The main reason why the cookies are thin (and greasy) is because of all that butter. If you have a high fat-to-flour ratio, then you'll get thinnner cookies (again, see Alton Brown...this is also why Irish Lace cookies are so thin). The Tollhouse ratio is about 1:2 and Martha's is about 2:3.

And I can't see how she can justify four eggs. From her ingredient ratios, it looks like 3 would be more appropriate.

My recommendation is don't try to figure out how to fix this horrible recipe. You did nothing wrong. She's evil I tell ya!

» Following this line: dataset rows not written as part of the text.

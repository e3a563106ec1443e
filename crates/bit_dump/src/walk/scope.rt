//! The blocks that are open, and where the abbreviations that are in force in them are defined.
ghost use Rattle.std.specs.Prelude.{◌≡◌, ℕ, ◌<◌, ◌≤◌, ◌^◌, length, OnOk, option_map, slice_get};
ghost use Rattle.bit_stream.specs.Bits.Bits.{stream_bits};
ghost use Rattle.bit_stream.specs.Scope.{top_level, given_to, given_here, abbreviation_of};
ghost use Rattle.bit_stream.specs.Writer.{in_force};
ghost use Rattle.bit_stream.specs.Entry.{is_blockinfo, entered, block_left, defined, given_for, targeting};
ghost use Rattle.bit_stream.specs.declared.reader.TheConstants.{LARGEST_STREAM};
ghost use Rattle.bit_tree.specs.declared.starts.given.TheConstants.{MOST_DEFINITIONS};
ghost use Rattle.bit_dump.specs.Walk.Starts.{Opened, with_scope, abbreviation_at};

use crate::walk::starts::StartList;
use bit_stream::{ChunkWidth, is_blockinfo};
use bit_tree::starts::Given;
use std::alloc::{AllocError, Global};
use std::marker::Model;
use std::mem;

/// An open block, or the top level.
#[derive(Drop)]
struct StartFrame {
    /// None at the top level.
    id: Option<u32>,
    width: ChunkWidth,
    /// The first bit of the count of words.
    count_bit: u64,
    words: u32,
    /// How many of the abbreviations that were given to its id are in force.
    given: u32,
    own: StartList,
    /// In a BLOCKINFO, the block that definitions are for.
    target: Option<u64>,
}

impl Model for StartFrame {
    ghost use Rattle.bit_dump.specs.Walk.Starts.{StartFrame};

    ghost Value = { StartFrame };

    ghost view = { λ f. record { id = f.id; width = f.width; count_bit = f.count_bit; words = f.words; given = f.given; own = f.own; target = f.target } };
}

/// The bytes of a stream, the blocks that are open, and the abbreviations that BLOCKINFO gave to each block id.
#[derive(Drop)]
pub struct WalkScope<'b> {
    bytes: &'b [u8],
    block: StartFrame,
    around: Vec<StartFrame>,
    given: Given,
    alloc: Global,
}

impl<'b> Model for WalkScope<'b> {
    ghost use Rattle.std.specs.Prelude.{◌≤◌, length};
    ghost use Rattle.bit_stream.specs.Bits.Bits.{stream_bits};
    ghost use Rattle.bit_dump.specs.Walk.Starts.{Opened, opened_at};
    ghost use Rattle.bit_stream.specs.declared.reader.TheConstants.{LARGEST_STREAM};

    ghost Value = { Opened };

    ghost view = { λ s. opened_at (stream_bits s.bytes.now) s.block s.around.items s.given };

    ghost invariant = { λ s. length s.bytes.now ≤ LARGEST_STREAM };
}

impl<'b> WalkScope<'b> {
    /// The top level.
    pub fn new(alloc: Global, bytes: &'b [u8]) -> Self
        requires { length bytes.now ≤ LARGEST_STREAM }
        ensures { result ≡ record { bits = stream_bits bytes.now; scope = top_level } }
    {
        WalkScope {
            bytes,
            block: StartFrame {
                id: None,
                width: ChunkWidth::new(2),
                count_bit: 0,
                words: 0,
                given: 0,
                own: StartList::new(alloc),
                target: None,
            },
            around: Vec::new(alloc),
            given: Given::new(alloc),
            alloc,
        }
    }

    /// The bytes of the stream.
    pub fn bytes(&self) -> &'b [u8]
        ensures bits { stream_bits result.now ≡ self.now.bits }
        ensures short { length result.now ≤ LARGEST_STREAM }
    {
        self.bytes
    }

    /// How many bits an abbreviation id has.
    pub fn width(&self) -> ChunkWidth
        ensures { result ≡ self.now.scope.block.width }
    {
        let block = &self.block;
        block.width
    }

    /// How many blocks are open.
    pub fn depth(&self) -> usize
        ensures { result ≡ length self.now.scope.around }
    {
        self.around.len()
    }

    /// Whether the block is BLOCKINFO.
    pub fn is_blockinfo(&self) -> bool
        ensures { result ≡ is_blockinfo self.now.scope }
    {
        let block = &self.block;
        is_blockinfo(block.id)
    }

    /// The block that a BLOCKINFO's definitions are for.
    pub fn target(&self) -> Option<u64>
        ensures { result ≡ self.now.scope.block.target }
    {
        let block = &self.block;
        block.target
    }

    /// The first bit of the block's count of words.
    pub fn count_bit(&self) -> u64
        ensures { result ≡ self.now.scope.block.count_bit }
    {
        let block = &self.block;
        block.count_bit
    }

    /// The block's count of words.
    pub fn words(&self) -> u32
        ensures { result ≡ self.now.scope.block.words }
    {
        let block = &self.block;
        block.words
    }

    /// How many abbreviations were given to a block id.
    fn given_to(&self, id: u64) -> usize
        ensures value { result ≡ length (given_to self.now.scope.given id) }
        ensures few { result ≤ MOST_DEFINITIONS }
    {
        self.given.count(id)
    }

    /// Enters a block.
    pub fn enter(
        &mut self,
        id: u32,
        width: ChunkWidth,
        count_bit: u64,
        words: u32,
    ) -> Result<(), AllocError>
        ensures { OnOk result (self.new ≡ with_scope self.old (entered self.old.scope id width count_bit words)) }
    {
        let given = self.given_to(u64::from(id)) as u32;
        let block = StartFrame {
            id: Some(id),
            width,
            count_bit,
            words,
            given,
            own: StartList::new(self.alloc),
            target: None,
        };
        let outer = mem::replace(&mut self.block, block);
        self.around.push(outer)?;
        Ok(())
    }

    /// Leaves the block for the one around it.
    pub fn leave(&mut self)
        ensures { self.new ≡ with_scope self.old (block_left self.old.scope) }
    {
        if let Some(outer) = self.around.pop() {
            self.block = outer;
        }
    }

    /// Adds a definition of the block's own, which starts at this bit.
    pub fn define(&mut self, start: u32) -> Result<(), AllocError>
        ensures { OnOk result (self.new ≡ with_scope self.old (defined self.old.scope (abbreviation_at self.old.bits start))) }
    {
        let block = &mut self.block;
        block.own.push(start)
    }

    /// Adds a definition for a block id, which starts at this bit.
    pub fn give(&mut self, id: u64, start: u32) -> Result<(), AllocError>
        ensures { OnOk result (self.new ≡ with_scope self.old (given_for self.old.scope id (abbreviation_at self.old.bits start))) }
    {
        self.given.give(id, start)?;
        Ok(())
    }

    /// How many abbreviations are in force where the next one is defined.
    pub fn in_force(&self) -> usize
        ensures value { result ≡ in_force self.now.scope }
        ensures few { result < 2 ^ 33 }
    {
        if !self.is_blockinfo() {
            let block = &self.block;
            return block.given as usize + block.own.len();
        }
        match self.target() {
            Some(id) => self.given_to(id),
            None => 0,
        }
    }

    /// From now on the definitions of this BLOCKINFO are for this block.
    pub fn set_target(&mut self, id: u64)
        ensures { self.new ≡ with_scope self.old (targeting self.old.scope id) }
    {
        let block = &mut self.block;
        block.target = Some(id);
    }

    /// Where the abbreviation with this index is defined, among those that were given to the block's id.
    fn given_start(&self, index: usize) -> Option<u32>
        ensures { option_map (abbreviation_at self.now.bits) result ≡ slice_get (given_here self.now.scope) index }
    {
        let block = &self.block;
        match block.id {
            Some(id) => self.given.get(u64::from(id), index),
            None => None,
        }
    }

    /// Where the abbreviation of an id from 4 on is defined.
    pub fn start_of(&self, id: u64) -> Option<u32>
        requires { 4 ≤ id }
        ensures { option_map (abbreviation_at self.now.bits) result ≡ abbreviation_of self.now.scope id }
    {
        let index = (id - 4) as usize;
        let block = &self.block;
        let given = block.given as usize;
        if index < given {
            self.given_start(index)
        } else {
            block.own.get(index - given)
        }
    }
}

Do exactly what you've done and trash the recipe. I'm sorry you wasted such a large amount of good ingredients. Yet another reason to put her behind bars... :wink:

There are far better cookie recipes out there, especially in the couple of "chocolate chip cookie" threads making the rounds on the board.

 

“Peter: Oh my god, Brian, there's a message in my Alphabits. It says, 'Oooooo.'

Brian: Peter, those are Cheerios.”

– From Fox TV’s “Family Guy”

 

Tim Oliver

Posted

am absolutely hypnotized by this thread (all that CHOCOLATE!) but have a question before I make the pudding cookies. is 'pudding' the powdery stuff to which you add cold milk + let set 15 mins or so till you have deliciously spoonable custardy type stuff (UK equiv would be Angel Delight)? anyone? (very sorry if this is rank amateur question.)

Fi Kirkpatrick

tofu fi fie pho fum

"Your avatar shoes look like Marge Simpson's hair." - therese

Posted
am absolutely hypnotized by this thread (all that CHOCOLATE!) but have a question before I make the pudding cookies.  is 'pudding' the powdery stuff to which you add cold milk + let set 15 mins or so till you have deliciously spoonable custardy type stuff (UK equiv would be Angel Delight)?  anyone?  (very sorry if this is rank amateur question.)

Hi! I don't know much about Angel Delight, but what we're using here in America is Jello Brand Instant pudding.

Here's some info:

Jello Pudding.

Good luck with using Angel Delight. I have a feeling if you use 3.4 ounces -- the equivalent to one box of Jello Brand, you'll be fine :).

BTW. Toliver, I completely agree with what you have to say about Martha's cookies. It's just a bad recipe. Period.